A posição do Pentágono: Pragmatismo vs. Princípios

O DoD insiste que o seu único objetivo é aproveitar a IA para fins legais e que as restrições da Antrópica são desnecessárias. As autoridades afirmam que não têm intenção de realizar vigilância doméstica em massa ou de utilizar armas autónomas não controladas. No entanto, a retórica do secretário Hegseth desviou-se para o território cultural, criticando a “IA desperta” e enfatizando a necessidade de sistemas “prontos para a guerra”, e não de “chatbots para uma sala de professores da Ivy League”.

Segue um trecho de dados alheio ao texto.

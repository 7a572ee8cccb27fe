//! The rules that are built in, and which of them answers.

ghost use Rattle.std.specs.Prelude.{◌≡◌, ◌≤◌, IfOk};
ghost use Rattle.vx_value.specs.Errors.{OnlyOutOfMemory};
ghost use Rattle.vx_tree.specs.Slots.{HasSlot};
ghost use Rattle.vx_rule.specs.Counts.{MayStand, spent_after};
ghost use Rattle.vx_rule.specs.Builtins.{builtin_rules, IsBuiltinAnswer, BuiltinAnswers};

use crate::builtins::{dict_fn, struct_cast};
use crate::raw_node::RawNode;
use crate::spent::Spent;
use std::alloc::Global;
use vx_tree::ArrayRef;
use vx_value::{Id, VortexResult};

/// The rules that are built in. (own)
#[derive(Clone, Copy, Debug)]
pub enum BuiltinKind {
    /// A cast of a column of structs to a struct type is the column of the casts of its fields, if no struct is null by a validity.
    StructCast,
    /// A negation, a comparison or `between` of a dictionary and constants is the dictionary of the function of its values.
    DictFn,
}

/// A rule that is built in, with the ids of the parents and of the children for which a session has it. (own)
#[derive(Clone, Copy, Debug)]
pub struct RegisteredBuiltin {
    pub parent: Id,
    pub child: Id,
    pub kind: BuiltinKind,
}

/// The rules of a session with built-ins.
const BUILTIN_RULES: &[RegisteredBuiltin] = &[
    RegisteredBuiltin {
        parent: Id::Cast,
        child: Id::Struct,
        kind: BuiltinKind::StructCast,
    },
    RegisteredBuiltin {
        parent: Id::Not,
        child: Id::Dict,
        kind: BuiltinKind::DictFn,
    },
    RegisteredBuiltin {
        parent: Id::Binary,
        child: Id::Dict,
        kind: BuiltinKind::DictFn,
    },
    RegisteredBuiltin {
        parent: Id::Between,
        child: Id::Dict,
        kind: BuiltinKind::DictFn,
    },
];

/// Returns the rules of a session with built-ins, in the order of registration. (own)
pub fn builtin_rules() -> &'static [RegisteredBuiltin]
    ensures { result.now ≡ builtin_rules }
{
    BUILTIN_RULES
}

/// A rule that is built in, and what its answers cost so far. Never refuses. (own)
#[derive(Debug, Drop)]
pub struct BuiltinRule {
    kind: BuiltinKind,
    spent: Spent,
}

impl BuiltinRule {
    /// Returns the rule `kind`, which has answered nothing yet. (own)
    pub fn new(kind: BuiltinKind) -> BuiltinRule
        ensures kind { result.kind ≡ kind }
        ensures spent { result.spent.total ≡ 0 }
    {
        BuiltinRule {
            kind,
            spent: Spent::new(),
        }
    }

    /// Returns the answer of `child`, which must be in `slot` of `parent`: `None` exactly if the rule declines. Fails only with
    /// `OutOfMemory`.
    pub fn ask(
        &mut self,
        alloc: Global,
        child: &ArrayRef,
        parent: &ArrayRef,
        slot: usize,
    ) -> VortexResult<Option<RawNode>>
        requires { HasSlot slot child.now parent.now }
        ensures answer { IfOk result (IsBuiltinAnswer self.old.kind slot parent.now) }
        ensures stands { IfOk result (MayStand parent.now) }
        ensures err { OnlyOutOfMemory result }
        ensures kind { self.new.kind ≡ self.old.kind }
        ensures spent_kept { self.old.spent.total ≤ self.new.spent.total }
        ensures spent { self.new.spent.total ≡ spent_after self.old.spent.total result }
    {
        let answer = self.kind.answer(alloc, child, parent, slot)?;
        if let Some(raw) = &answer {
            self.spent.answered(&raw.tree);
        }
        Ok(answer)
    }

    /// Returns what the answers cost so far: 1 plus its tree's weight for each. Stays at `u64::MAX`.
    pub fn spent(&self) -> u64
        ensures { result ≡ self.now.spent.total }
    {
        self.spent.count()
    }
}

impl BuiltinKind {
    /// Returns the answer of `child`, which must be in `slot` of `parent`: a line for each rule.
    fn answer(
        self,
        alloc: Global,
        child: &ArrayRef,
        parent: &ArrayRef,
        slot: usize,
    ) -> VortexResult<Option<RawNode>>
        requires { HasSlot slot child.now parent.now }
        ensures { BuiltinAnswers self slot parent.now result }
    {
        match self {
            BuiltinKind::StructCast => struct_cast::answer(alloc, child, parent, slot),
            BuiltinKind::DictFn => dict_fn::answer(alloc, child, parent, slot),
        }
    }
}
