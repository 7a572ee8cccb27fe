//! The rule of a cast over a column of structs.

ghost use Rattle.std.specs.Prelude.{◌≡◌, IfOk, true};
ghost use Rattle.vx_value.specs.View.{type_of};
ghost use Rattle.vx_value.specs.declared.dtype.Nullability.{Nullability};
ghost use Rattle.vx_value.specs.declared.dtype.DType.TheVariants as dtype_of;
ghost use Rattle.vx_fn.specs.declared.function.ScalarFnRef.TheVariants as fn_of;
ghost use Rattle.vx_value.specs.Casts.{has_cast};
ghost use Rattle.vx_value.specs.Supported.{has_columns};
ghost use Rattle.vx_value.specs.Errors.{OnlyOutOfMemory};
ghost use Rattle.vx_tree.specs.Tree.{dtype, len, datum, is_struct};
ghost use Rattle.vx_tree.specs.Slots.{HasSlot};
ghost use Rattle.vx_rule.specs.Tags.{applies};
ghost use Rattle.vx_rule.specs.Builtins.{IsCastTo, is_struct_cast, BuiltinAnswers};
ghost use Rattle.vx_rule.specs.StructCasts.{AreFieldsCast, AreCastable, IsCastable, IsSlotCast};
ghost use Rattle.vx_rule.specs.declared.builtins.builtin.BuiltinKind.TheVariants.{StructCast};

use crate::nodes::{function_parts, structs_node};
use crate::raw_node::RawNode;
use std::alloc::Global;
use vx_fn::ScalarFnRef;
use vx_tree::{Array, ArrayParts, ArrayRef, Encoding, IntoArray, ScalarFn, ScalarFnData, Struct};
use vx_value::{DType, Field, StructFields, VortexResult};

/// Returns the column of the casts of the fields of `child`, which must be in `slot` of `parent`, if it is a column of structs without a
/// validity that `parent` casts to a struct type. `None` exactly if not. Fails only with `OutOfMemory`.
#[tactic(auto, using(crate::proofs::StructCastsLemmas::casts_quiet))]
pub(crate) fn answer(
    alloc: Global,
    child: &ArrayRef,
    parent: &ArrayRef,
    slot: usize,
) -> VortexResult<Option<RawNode>>
    requires { HasSlot slot child.now parent.now }
    ensures { BuiltinAnswers StructCast slot parent.now result }
{
    if !applies_struct_cast(parent) || !child.is::<Struct>() {
        return Ok(None);
    }
    cast_of_structs(alloc, child, parent, slot)
}

/// Returns whether `array` casts to a struct type.
fn applies_struct_cast(array: &ArrayRef) -> bool
    ensures { result ≡ applies is_struct_cast (datum array.now) }
{
    match array.encoding() {
        Encoding::ScalarFn(data) => is_struct_cast(&data.scalar_fn),
        _ => false,
    }
}

/// Returns whether `scalar_fn` is a cast to a struct type.
fn is_struct_cast(scalar_fn: &ScalarFnRef) -> bool
    ensures { result ≡ is_struct_cast scalar_fn.now }
{
    match scalar_fn {
        ScalarFnRef::Cast(DType::Struct(_, _)) => true,
        _ => false,
    }
}

/// Returns the fields of the struct type to which `scalar_fn` casts.
fn fields_of_target(scalar_fn: &ScalarFnRef) -> &StructFields
    requires { is_struct_cast scalar_fn.now ≡ true }
    ensures { (m : Nullability) × (scalar_fn.now ≡ fn_of.Cast (dtype_of.Struct result.now m)) }
{
    let ScalarFnRef::Cast(DType::Struct(fields, _)) = scalar_fn else {
        unreachable!()
    };
    fields
}

/// Returns the column of the casts of the fields of `child`, a column of structs in `slot` of `parent`, which casts it to a struct type.
/// `None` exactly if it has a validity. Fails only with `OutOfMemory`.
fn cast_of_structs(
    alloc: Global,
    child: &ArrayRef,
    parent: &ArrayRef,
    slot: usize,
) -> VortexResult<Option<RawNode>>
    requires cast { applies is_struct_cast (datum parent.now) ≡ true }
    requires structs { is_struct (datum child.now) ≡ true }
    requires slot { HasSlot slot child.now parent.now }
    ensures { BuiltinAnswers StructCast slot parent.now result }
{
    parent.well_formed_tree();
    let (scalar_fn, _) = function_parts(parent);
    let fields = fields_of_target(scalar_fn);
    let Some((validity, columns)) = child.slots().split_last() else {
        return Ok(None);
    };
    if validity.is_some() {
        return Ok(None);
    }
    let casts = cast_fields(alloc, fields.as_slice(), columns)?;
    let structs = structs_node(alloc, parent, child.len(), casts)?;
    RawNode::raw(alloc, structs)
}

/// Returns the casts of the trees in `columns` to the types of `fields`, and an absent slot behind them. Fails only with `OutOfMemory`.
fn cast_fields(
    alloc: Global,
    fields: &[Field],
    columns: &[Option<ArrayRef>],
) -> VortexResult<Vec<Option<ArrayRef>>>
    requires { AreCastable fields.now columns.now }
    ensures ok { IfOk result (λ v. AreFieldsCast fields.now columns.now v.items) }
    ensures err { OnlyOutOfMemory result }
{
    let mut casts = Vec::with_capacity(alloc, columns.len())?;
    for index in 0..columns.len() {
        casts.push(cast_slot(alloc, &columns[index], &fields[index].dtype)?)?;
    }
    casts.push(None)?;
    Ok(casts)
}

/// Returns the cast of the tree in `slot`, which must have one whose type has a cast to `target`. Fails only with `OutOfMemory`.
fn cast_slot(
    alloc: Global,
    slot: &Option<ArrayRef>,
    target: &DType,
) -> VortexResult<Option<ArrayRef>>
    requires { IsCastable target.now slot.now }
    ensures ok { IfOk result (IsSlotCast target.now slot.now) }
    ensures err { OnlyOutOfMemory result }
{
    let Some(column) = slot else { unreachable!() };
    Ok(Some(cast_node(alloc, column, target)?))
}

/// Makes the cast of `array` to `target`, to which its type must have a cast. Fails only with `OutOfMemory`.
fn cast_node(alloc: Global, array: &ArrayRef, target: &DType) -> VortexResult<ArrayRef>
    requires castable { has_cast (dtype array.now) (type_of target.now) ≡ true }
    requires columns { has_columns (type_of target.now) ≡ true }
    ensures ok { IfOk result (λ t. IsCastTo (type_of target.now) (len array.now) array.now t) }
    ensures err { OnlyOutOfMemory result }
{
    let slots = vec![in alloc; Some(array.clone()?)]?;
    let payload = ScalarFnData::new(ScalarFnRef::Cast(target.clone()?));
    let vtable = ScalarFn {
        id: payload.scalar_fn.id(),
    };
    let parts = ArrayParts::new(vtable, target.clone()?, array.len(), payload, slots);
    Ok(Array::from_parts_unchecked(alloc, parts)?.into_array())
}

O Pentágono tem autoridade para forçar o cumprimento através da Lei de Produção de Defesa (DPA), que permite ao governo obrigar as empresas a satisfazer as suas necessidades. Declarar que a Antrópica é um risco para a cadeia de abastecimento os colocaria efetivamente na lista negra de futuros trabalhos governamentais.

Conclusão: um ponto de decisão crítico

O impasse apresenta uma escolha difícil para ambos os lados. Se a Antrópico se recusar a ceder, corre o risco de perder um importante fluxo de receitas e potencialmente prejudicar a sua viabilidade a longo prazo. Se o DoD avançar sem a Anthropic, poderá enfrentar um atraso de seis a 12 meses enquanto outros desenvolvedores de IA o alcançam – uma vulnerabilidade significativa num cenário geopolítico em rápida evolução. O resultado moldará não apenas o futuro da IA ​​na guerra, mas também o equilíbrio de poder entre as empresas de tecnologia e o governo dos EUA.